La brutalité et l'intensité de la guerre sont implacables, et des rapports font état de graves violations des droits de l'homme, notamment de violences ethniques, de viols et de viols collectifs utilisés comme outils de guerre. Près de 70 % des personnes contraintes de se déplacer au Soudan tentent aujourd'hui de survivre dans des endroits menacés par la famine.
Les routes cruciales d'Al Fasher sont bloquées
« L'accès à l'aide humanitaire est irrégulier, voire inexistant. La prochaine saison des pluies compliquera la situation et pourrait entraîner des catastrophes liées au climat et la propagation de maladies », a averti l'OIM.
Ces mouvements de populations interviennent dans un climat de détérioration de la situation humanitaire. La semaine dernière, le Comité permanent interorganisations (CPI), l'instance de coordination humanitaire la plus élevée du système des Nations Unies, a lancé un avertissement sévère au sujet de la situation au Soudan, qui a atteint un « niveau catastrophique ».
À Al Fasher, la capitale du Darfour Nord, l'intensification du conflit a laissé plus de 800.000 civils pris au piège. Les infrastructures essentielles, y compris les soins de santé, se sont effondrées. Les prix de la nourriture, de l'eau et du carburant ont grimpé en flèche, rendant ces produits de base inabordables.
« Les routes cruciales d'Al Fasher sont bloquées, empêchant les civils d'atteindre des zones plus sûres, tout en limitant la quantité de nourriture et d'autres aides humanitaires arrivant dans la ville » a ajouté Othman Belbeisi, Directeur régional de l'OIM pour le Moyen-Orient et l'Afrique du Nord, relevant l'urgence d'un « arrêt immédiat des combats et la garantie d'un accès humanitaire sans entrave ».
Une multiplication par trois du nombre de migrants effectuant des voyages périlleux
En écho à ces inquiétudes, le Chef de mission de l'OIM dans ce pays s'est préoccupé de la situation à Al Fasher, qui est entrée « dans un nouveau chapitre alarmant », avec l'éclatement de combats dans la capitale du Darfour Nord. « Les prix de la nourriture, de l'eau et du carburant sont montés en flèche, rendant ces produits de base inabordables », a dit lors d'un point de presse à Genève, Mohamed Refaat, Chef de mission de l'OIM au Soudan.
Par ailleurs, l'OIM a rappelé que le Soudan a toujours été un pays d'origine, de transit et de destination majeur pour les migrants, au centre de multiples routes migratoires dans la région. En 2023, l'OIM a enregistré une multiplication par trois du nombre de Soudanais effectuant des voyages périlleux hors de leur pays.
« Ils empruntent les dangereux couloirs de migration irrégulière vers la Libye, la Tunisie et l'Europe. A l'heure où nous parlons, des rapports non confirmés font état d'environ 2.000 familles bloquées dans des conditions difficiles, y compris des migrants entre les frontières de l'Egypte, de la Libye et du Soudan », a ajouté M. Refaat.

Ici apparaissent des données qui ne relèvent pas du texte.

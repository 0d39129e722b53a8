//! The trail: the literals that are true, which are taken back in the opposite order.

ghost use Rattle.std.specs.Prelude.{◌≡◌, ℕ, ◌+◌, ◌-◌, ◌<◌, ◌≤◌, ◌^◌, false, [], ◌∷◌, ◌++◌, length, take, IfOk};
ghost use Rattle.pg_region.specs.Literal.{Literal, negated};
ghost use Rattle.pg_decider.specs.Assignment.{on};
ghost use Rattle.pg_decider.specs.Trail.{lit, code, IsTrail, reason, added_to, cut};

use pg_region::Lit;
use std::alloc::{AllocError, Global};
use std::marker::Model;

/// The literals in the order in which they were added, with the clause that forced each, and for each atom its value.
#[derive(Drop)]
pub struct Trail {
    values: Vec<u8>,
    literals: Vec<Lit>,
    reasons: Vec<u32>,
}

impl Model for Trail {
    ghost use Rattle.std.specs.Prelude.{◌≡◌, ◌≤◌, ◌-◌, length, vec_capacity};
    ghost use Rattle.pg_decider.specs.Trail.{TrailTable, AreValues};

    ghost Value = { TrailTable };

    ghost view = { λ t. record { atoms = length t.values.items - 1; literals = t.literals.items; reasons = t.reasons.items } };

    ghost invariant = { λ t. AreValues t.values.items t.literals.items (vec_capacity t.literals) × (length t.reasons.items ≡ length t.literals.items) × (length t.values.items ≤ vec_capacity t.reasons) };
}

impl Trail {
    /// An empty trail over the atoms up to `atoms`.
    pub fn make(alloc: Global, atoms: u32) -> Result<Trail, AllocError>
        requires { atoms < 2 ^ 31 }
        ensures { IfOk result (λ t. t ≡ record { atoms = atoms; literals = []; reasons = [] }) }
    {
        let values = vec![in alloc; 0; atoms as usize + 1]?;
        let literals = Vec::with_capacity(alloc, atoms as usize + 1)?;
        let reasons = Vec::with_capacity(alloc, atoms as usize + 1)?;
        Ok(Trail {
            values,
            literals,
            reasons,
        })
    }

    /// How many atoms it is over.
    pub fn atoms(&self) -> u32
        ensures { result ≡ self.now.atoms }
    {
        (self.values.len() - 1) as u32
    }

    /// How many literals it has.
    pub fn len(&self) -> u32
        ensures length { result ≡ length self.now.literals }
        ensures trail { IsTrail self.now.atoms self.now.literals }
    {
        self.literals.len() as u32
    }

    /// The literal that was added as the i-th, from 0 on.
    pub fn at(&self, i: u32) -> Lit
        requires { i < length self.now.literals }
        ensures { result ≡ lit self.now.literals i }
    {
        self.literals[i as usize]
    }

    /// The number of the clause that forced the i-th literal, 0 for one that was chosen.
    pub fn reason(&self, i: u32) -> u32
        requires { i < length self.now.literals }
        ensures { result ≡ reason self.now i }
    {
        self.reasons[i as usize]
    }

    /// Whether a literal is true.
    pub fn is_true(&self, l: Lit) -> bool
        requires { l.atom ≤ self.now.atoms }
        ensures value { result ≡ on self.now.literals l }
        ensures trail { IsTrail self.now.atoms self.now.literals }
    {
        self.values[l.atom() as usize] == coded(l.positive())
    }

    /// Adds a literal that the clause with the number `reason` forces, or one that is chosen, with the reason 0. There is room for it.
    pub fn add(&mut self, l: Lit, reason: u32)
        requires atom { l.atom ≤ self.old.atoms }
        requires free { on self.old.literals l ≡ false }
        requires open { on self.old.literals (negated l) ≡ false }
        ensures added { self.new ≡ added_to self.old l reason }
        ensures reasons { length self.old.reasons ≡ length self.old.literals }
    {
        self.values[l.atom() as usize] = coded(l.positive());
        self.literals.push_reserved(l);
        self.reasons.push_reserved(reason);
    }

    /// Takes back the literals that were added since the trail had `mark` of them.
    pub fn undo(&mut self, mark: u32)
        requires { mark ≤ length self.old.literals }
        ensures { self.new ≡ cut self.old mark }
    {
        while self.literals.len() > mark as usize {
            if let Some(l) = self.literals.pop() {
                self.values[l.atom() as usize] = 0;
            }
        }
        self.reasons.truncate(mark as usize);
    }
}

/// The value of an atom with a true literal; 0 is that of one without a value.
fn coded(positive: bool) -> u8
    ensures { result ≡ code positive }
{
    if positive { 1 } else { 2 }
}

L'effondrement du système de santé
Pour sa part, l'Agence sanitaire mondiale de l'ONU a souligné que le système de santé au Soudan s'effondre. Dans les zones difficiles d'accès, moins de 30 % des établissements de santé fonctionnaient encore.
Selon l'Organisation mondiale de la santé (OMS), environ 65 % de la population soudanaise n'a pas accès aux soins de santé. Seuls 25 % des fournitures médicales nécessaires sont disponibles dans le pays.
Au moins deux tiers des États connaissent des épidémies simultanées. « Plus de 11.000 cas de choléra ont été signalés, ainsi que des épidémies de paludisme et de dengue », a déclaré à Genève, Christian Lindmeier, porte-parole de l'OMS.
En outre, l'OMS est particulièrement préoccupée par les personnes qui n'ont pas accès aux soins médicaux nécessaires pour leurs maladies chroniques, telles que le diabète, l'hypertension, les maladies cardiaques et l'insuffisance rénale. Par ailleurs, l'OMS a soutenu les campagnes de vaccination contre la rougeole, le choléra et la poliomyélite, tout en apportant son soutien à la lutte contre la malnutrition.